Skip to main content

Dedupe and Scheduling

Pipeline setup is a three step process:

  • Ingestion configuration
  • Dedupe and Scheduling
  • Destination setup

Dedupe and Scheduling

After setting up the ingestion details, we define the pipeline schedule and the data dedupe strategy.

Schedule

Select the schedule at which you want to run the pipeline.

The schedules can be created/edited/viewed by navigating to the "Schedules" tab. In addition you can view all the pipelines associated with a given schedule.

tip

The schedules (timezones) are daylight savings aware and the schedules are adjusted automatically.

Dedupe

Next select the Dedupe Strategy. This defines how the data is synchronized between the source and the destination. The different strategies and their details are listed here.

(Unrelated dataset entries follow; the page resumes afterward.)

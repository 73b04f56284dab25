//! The canonical text of a program.
#![tactic(auto)]

mod expr;
mod head;
mod item;
mod line;
mod literal;
mod put;
mod stmt;

pub use item::canonical;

For incremental dedupe strategies the following metadata is required:

  • The unique keys
  • The sort/cursor keys

JSON Paths

JSON Path is a query language for JSON. ELT Data lets you define the JSON Path to specify the required JSON fields.

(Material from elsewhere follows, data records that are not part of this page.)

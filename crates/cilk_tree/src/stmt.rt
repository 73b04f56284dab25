//! The canonical lines of statements and blocks.

ghost use Rattle.std.specs.Prelude.{◌≡◌, ◌++◌, codes, if◌then◌else◌, IfOk, string_bytes};
ghost use Rattle.cilk_tree_syntax.specs.StmtView.{if_of};
ghost use Rattle.cilk_tree_syntax.specs.Tree.{nested, repeat, switch, while, inlet_at};
ghost use Rattle.cilk_tree_syntax.specs.Appends.{Appends};
ghost use Rattle.cilk_tree_syntax.specs.Lines.{closed, deeper, ended, text_of};
ghost use Rattle.cilk_tree_syntax.specs.MoveText.{decl_text, locking_text, move_text, print_text, return_text, spawn_text};
ghost use Rattle.cilk_tree_syntax.specs.StmtLines.{block_lines, else_lines, is_label, local_lines, stmt_lines, switch_lines};
ghost use Rattle.cilk_tree_syntax.specs.MoveView.{taker_of};

use crate::head::{
    put_for_line, put_inlet_line, put_label_line, put_line, put_test_line, put_until_line,
};
use crate::line::{put_decl, put_locking, put_move, put_print, put_return, put_spawn};
use crate::put::put;
use cilk_tree_syntax::{
    Block, Decl, Expr, Inlet, Literal, Local, LocalNode, LockAction, Memory, Move, Stmt, StmtNode,
    Taker, Word,
};
use std::alloc::Global;

#[cycle(put_stmt)]
fn put_stmt(alloc: Global, out: &mut String, indent: &str, stmt: &Stmt) -> Result<(), Memory>
    ensures { Appends result out.old out.new (text_of indent.now (stmt_lines stmt.now)) }
{
    match &stmt.node {
        StmtNode::Move(what) => put_move_line(out, indent, what),
        StmtNode::Spawn(_, taker, callee, arguments) => {
            put_spawn_line(out, indent, taker, callee, arguments)
        }
        StmtNode::Print(format, arguments) => put_print_line(out, indent, format, arguments),
        StmtNode::Locking(action, name) => put_locking_line(out, indent, *action, name),
        StmtNode::Null => put_word_line(out, indent, ""),
        StmtNode::Sync(_) => put_word_line(out, indent, "sync"),
        StmtNode::Abort(_) => put_word_line(out, indent, "abort"),
        StmtNode::Break(_) => put_word_line(out, indent, "break"),
        StmtNode::Continue(_) => put_word_line(out, indent, "continue"),
        StmtNode::Return(_, value) => put_return_line(out, indent, value),
        StmtNode::If(test, body, other) => put_if(alloc, out, indent, test, body, other),
        StmtNode::While(test, body) => put_while(alloc, out, indent, test, body),
        StmtNode::Do(body, test) => put_do(alloc, out, indent, body, test),
        StmtNode::For(first, test, advance, body) => {
            put_for_line(out, indent, first, test, advance)?;
            put_body(alloc, out, indent, body)
        }
        StmtNode::Switch(test, body) => put_switch(alloc, out, indent, test, body),
        StmtNode::Labelled(label) => put_label_line(out, indent, *label),
        StmtNode::Nested(inside) => put_nested(alloc, out, indent, inside),
    }
}

fn put_move_line(out: &mut String, indent: &str, what: &Move) -> Result<(), Memory>
    ensures { Appends result out.old out.new (text_of indent.now (ended (move_text what.now))) }
{
    put(out, indent)?;
    put_move(out, what)?;
    put(out, ";\n")
}

fn put_spawn_line(
    out: &mut String,
    indent: &str,
    taker: &Taker,
    callee: &Word,
    arguments: &[Expr],
) -> Result<(), Memory>
    ensures { Appends result out.old out.new (text_of indent.now (ended (spawn_text (taker_of taker.now) callee.now arguments.now))) }
{
    put(out, indent)?;
    put_spawn(out, taker, callee, arguments)?;
    put(out, ";\n")
}

fn put_print_line(
    out: &mut String,
    indent: &str,
    format: &Literal,
    arguments: &[Expr],
) -> Result<(), Memory>
    ensures { Appends result out.old out.new (text_of indent.now (ended (print_text format.now arguments.now))) }
{
    put(out, indent)?;
    put_print(out, format, arguments)?;
    put(out, ";\n")
}

fn put_locking_line(
    out: &mut String,
    indent: &str,
    action: LockAction,
    name: &Word,
) -> Result<(), Memory>
    ensures { Appends result out.old out.new (text_of indent.now (ended (locking_text action name.now))) }
{
    put(out, indent)?;
    put_locking(out, action, name)?;
    put(out, ";\n")
}

// A statement that is one word, or none.
fn put_word_line(out: &mut String, indent: &str, word: &str) -> Result<(), Memory>
    ensures { Appends result out.old out.new (text_of indent.now (ended word.now)) }
{
    put(out, indent)?;
    put(out, word)?;
    put(out, ";\n")
}

fn put_return_line(out: &mut String, indent: &str, value: &Option<Expr>) -> Result<(), Memory>
    ensures { Appends result out.old out.new (text_of indent.now (ended (return_text value.now))) }
{
    put(out, indent)?;
    put_return(out, value)?;
    put(out, ";\n")
}

#[cycle(put_stmt)]
fn put_if(
    alloc: Global,
    out: &mut String,
    indent: &str,
    test: &Expr,
    body: &Block,
    other: &Option<Block>,
) -> Result<(), Memory>
    ensures { Appends result out.old out.new (text_of indent.now (stmt_lines (if_of test.now body.now other.now))) }
{
    put_test_line(out, indent, "if", test)?;
    put_block(alloc, out, indent, body)?;
    put_else(alloc, out, indent, other)
}

#[cycle(put_stmt)]
fn put_else(
    alloc: Global,
    out: &mut String,
    indent: &str,
    other: &Option<Block>,
) -> Result<(), Memory>
    ensures { Appends result out.old out.new (text_of indent.now (else_lines other.now)) }
{
    match other {
        None => put_line(out, indent, "}"),
        Some(other) => {
            put_line(out, indent, "} else {")?;
            put_body(alloc, out, indent, other)
        }
    }
}

#[cycle(put_stmt)]
fn put_while(
    alloc: Global,
    out: &mut String,
    indent: &str,
    test: &Expr,
    body: &Block,
) -> Result<(), Memory>
    ensures { Appends result out.old out.new (text_of indent.now (stmt_lines (while test.now body.now))) }
{
    put_test_line(out, indent, "while", test)?;
    put_body(alloc, out, indent, body)
}

#[cycle(put_stmt)]
fn put_do(
    alloc: Global,
    out: &mut String,
    indent: &str,
    body: &Block,
    test: &Expr,
) -> Result<(), Memory>
    ensures { Appends result out.old out.new (text_of indent.now (stmt_lines (repeat body.now test.now))) }
{
    put_line(out, indent, "do {")?;
    put_block(alloc, out, indent, body)?;
    put_until_line(out, indent, test)
}

#[cycle(put_stmt)]
fn put_switch(
    alloc: Global,
    out: &mut String,
    indent: &str,
    test: &Expr,
    body: &Block,
) -> Result<(), Memory>
    ensures { Appends result out.old out.new (text_of indent.now (stmt_lines (switch test.now body.now))) }
{
    put_test_line(out, indent, "switch", test)?;
    put_cases(alloc, out, indent, body)?;
    put_line(out, indent, "}")
}

#[cycle(put_stmt)]
fn put_nested(alloc: Global, out: &mut String, indent: &str, inside: &Block) -> Result<(), Memory>
    ensures { Appends result out.old out.new (text_of indent.now (stmt_lines (nested inside.now))) }
{
    put_line(out, indent, "{")?;
    put_body(alloc, out, indent, inside)
}

#[cycle(put_stmt)]
fn put_local(alloc: Global, out: &mut String, indent: &str, local: &Local) -> Result<(), Memory>
    ensures { Appends result out.old out.new (text_of indent.now (local_lines local.now)) }
{
    match &local.node {
        LocalNode::Decl(decl) => put_decl_line(out, indent, decl),
        LocalNode::Inlet(inlet) => put_inlet(alloc, out, indent, inlet),
    }
}

fn put_decl_line(out: &mut String, indent: &str, decl: &Decl) -> Result<(), Memory>
    ensures { Appends result out.old out.new (text_of indent.now (ended (decl_text decl.now))) }
{
    put(out, indent)?;
    put_decl(out, decl)?;
    put(out, ";\n")
}

#[cycle(put_stmt)]
fn put_inlet(alloc: Global, out: &mut String, indent: &str, inlet: &Inlet) -> Result<(), Memory>
    ensures { Appends result out.old out.new
        (text_of indent.now (local_lines (inlet_at inlet.now.at inlet.now.name inlet.now.parameters.items inlet.now.body))) }
{
    put_inlet_line(out, indent, &inlet.name, &inlet.parameters)?;
    put_body(alloc, out, indent, &inlet.body)
}

// The lines of a block, one level deeper than `indent`, and the brace that closes it.
#[cycle(put_stmt)]
pub(crate) fn put_body(
    alloc: Global,
    out: &mut String,
    indent: &str,
    body: &Block,
) -> Result<(), Memory>
    ensures { Appends result out.old out.new (text_of indent.now (closed (block_lines body.now))) }
{
    put_block(alloc, out, indent, body)?;
    put_line(out, indent, "}")
}

// The indent of one level more.
fn indent_in(alloc: Global, indent: &str) -> Result<String, Memory>
    ensures { IfOk result (λ s. string_bytes s ≡ indent.now ++ codes "    ") }
{
    let mut inner = String::from_str(alloc, indent)?;
    put(&mut inner, "    ")?;
    Ok(inner)
}

// The lines of a block, one level deeper than `indent`.
#[cycle(put_stmt)]
fn put_block(alloc: Global, out: &mut String, indent: &str, block: &Block) -> Result<(), Memory>
    ensures { Appends result out.old out.new (text_of indent.now (deeper (block_lines block.now))) }
{
    let inner = indent_in(alloc, indent)?;
    for local in &block.locals {
        put_local(alloc, out, inner.as_str(), local)?;
    }
    for stmt in &block.stmts {
        put_stmt(alloc, out, inner.as_str(), stmt)?;
    }
    Ok(())
}

// The lines of the block of a `switch`: the labels at the level of `indent`, and all else one level deeper.
#[cycle(put_stmt)]
fn put_cases(alloc: Global, out: &mut String, indent: &str, block: &Block) -> Result<(), Memory>
    ensures { Appends result out.old out.new (text_of indent.now (switch_lines block.now)) }
{
    let inner = indent_in(alloc, indent)?;
    for local in &block.locals {
        put_local(alloc, out, inner.as_str(), local)?;
    }
    for stmt in &block.stmts {
        put_case(alloc, out, indent, inner.as_str(), stmt)?;
    }
    Ok(())
}

// A label behind one indent, or another statement behind the other.
#[cycle(put_stmt)]
fn put_case(
    alloc: Global,
    out: &mut String,
    indent: &str,
    inner: &str,
    stmt: &Stmt,
) -> Result<(), Memory>
    ensures { Appends result out.old out.new
        (text_of (if is_label stmt.now then indent.now else inner.now) (stmt_lines stmt.now)) }
{
    if is_label(stmt) {
        return put_stmt(alloc, out, indent, stmt);
    }
    put_stmt(alloc, out, inner, stmt)
}

fn is_label(stmt: &Stmt) -> bool
    ensures { result ≡ is_label stmt.now }
{
    matches!(&stmt.node, StmtNode::Labelled(_))
}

A JSONPath expression specifies a path to an element (or a set of elements) in a JSON structure. Paths can use the dot notation:

$.store.book[0].title

Note that dots are only used before property names not in brackets.

Example
{
"store": {
"book": [
{
"category": "reference",
"author": "Nigel Rees",
"title": "Sayings of the Century",
"price": 8.95
},
{
"category": "fiction",
"author": "Evelyn Waugh",
"title": "Sword of Honour",
"price": 12.99
},
{
"category": "fiction",
"author": "Herman Melville",
"title": "Moby Dick",
"isbn": "0-553-21311-3",
"price": 8.99
},
{
"category": "fiction",
"author": "J. R. R. Tolkien",
"title": "The Lord of the Rings",
"isbn": "0-395-19395-8",
"price": 22.99
}
],
"bicycle": {
"color": "red",
"price": 19.95
}
},
"expensive": 10
}
JsonPathResult
$.store.book[*].authorThe authors of all books
$..authorAll authors
$.store.*All things, both books and bicycles
$.store.book[*].priceThe price of all the books
$..book[2]The third book
$..book.length()The number of books

Dedupe Keys/Unique Keys Json Paths

Unique keys are required to identify the unique required. This info is used to decide if the record needs to be updated or inserted. The unique keys are defined using the JSON Path. If the unique record is a composite key you can define multiple paths.

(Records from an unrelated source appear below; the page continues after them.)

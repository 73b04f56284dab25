//! The values that a body starts with, or that a spawn keeps for its inlet.

ghost use Rattle.std.specs.Prelude.{◌≡◌, Decides, IfOk};

use cilk_load_nodes::Memory;
use std::marker::Model;

/// The values that a spawn keeps for an inlet's parameters behind the first, from left to right.
/// Contracts see a list.
#[derive(Debug)]
pub struct Arguments {
    values: Vec<i32>,
}

// To drop it elsewhere is to call this, and its parts' drops are proved here alone.
impl Drop for Arguments {
    fn drop(self) {
        let Arguments { values: _values } = self;
    }
}

impl Model for Arguments {
    ghost use Rattle.std.specs.Prelude.{ℤ, List};

    ghost Value = { List ℤ };

    ghost view = { λ a. a.values.items };
}

impl Arguments {
    /// These values.
    pub fn new(values: Vec<i32>) -> Arguments
        ensures { result ≡ values.items }
    {
        Arguments { values }
    }

    /// The values, from left to right.
    pub fn as_slice(&self) -> &[i32]
        ensures { result.now ≡ self.now }
    {
        self.values.as_slice()
    }

    /// Whether the others are as many, each the same.
    pub fn same(&self, other: &Arguments) -> bool
        ensures { Decides result (self.now ≡ other.now) }
    {
        self.as_slice() == other.as_slice()
    }

    /// As many values, each the same.
    pub fn copy(&self) -> Result<Arguments, Memory>
        ensures { IfOk result (λ arguments. arguments ≡ self.now) }
    {
        let alloc = *self.values.allocator();
        Ok(Arguments::new(Vec::from_slice(alloc, self.as_slice())?))
    }
}
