//! The canonical text of text literals.

ghost use Rattle.std.specs.Char.{encode_utf8};
ghost use Rattle.cilk_tree_syntax.specs.Appends.{Appends};
ghost use Rattle.cilk_tree_syntax.specs.MoveText.{escapes, literal_text};

use crate::put::put;
use cilk_tree_syntax::{Literal, Memory};

pub(crate) fn put_literal(out: &mut String, literal: &Literal) -> Result<(), Memory>
    ensures { Appends result out.old out.new (literal_text literal.now) }
{
    put(out, "\"")?;
    put_escapes(out, literal.as_str())?;
    put(out, "\"")
}

fn put_escapes(out: &mut String, text: &str) -> Result<(), Memory>
    ensures { Appends result out.old out.new (escapes text.now) }
{
    for c in text.chars() {
        put_escape(out, c)?;
    }
    Ok(())
}

fn put_escape(out: &mut String, c: char) -> Result<(), Memory>
    ensures { Appends result out.old out.new (escapes (encode_utf8 c)) }
{
    match c {
        '\n' => put(out, "\\n"),
        '\t' => put(out, "\\t"),
        '\\' => put(out, "\\\\"),
        '"' => put(out, "\\\""),
        _ => Ok(out.push(c)?),
    }
}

In the above e.g if the category and author define a unique key then the unique keys can be defined as a combination of-

$.store.book[*].category

$.store.book[*].author

ELT Data will derive the unique keys from the JSON Path and use it for running incremental dedupe.

The UI provides a JSON path select editor as well as a manual input box.

Sort Keys Json Paths

Sort keys are required to identify the latest record in case we find duplicate records.

The sort keys too are defined using the JSON Path. You can define multiple keys in sort keys and the data will be sorted as per the specified keys.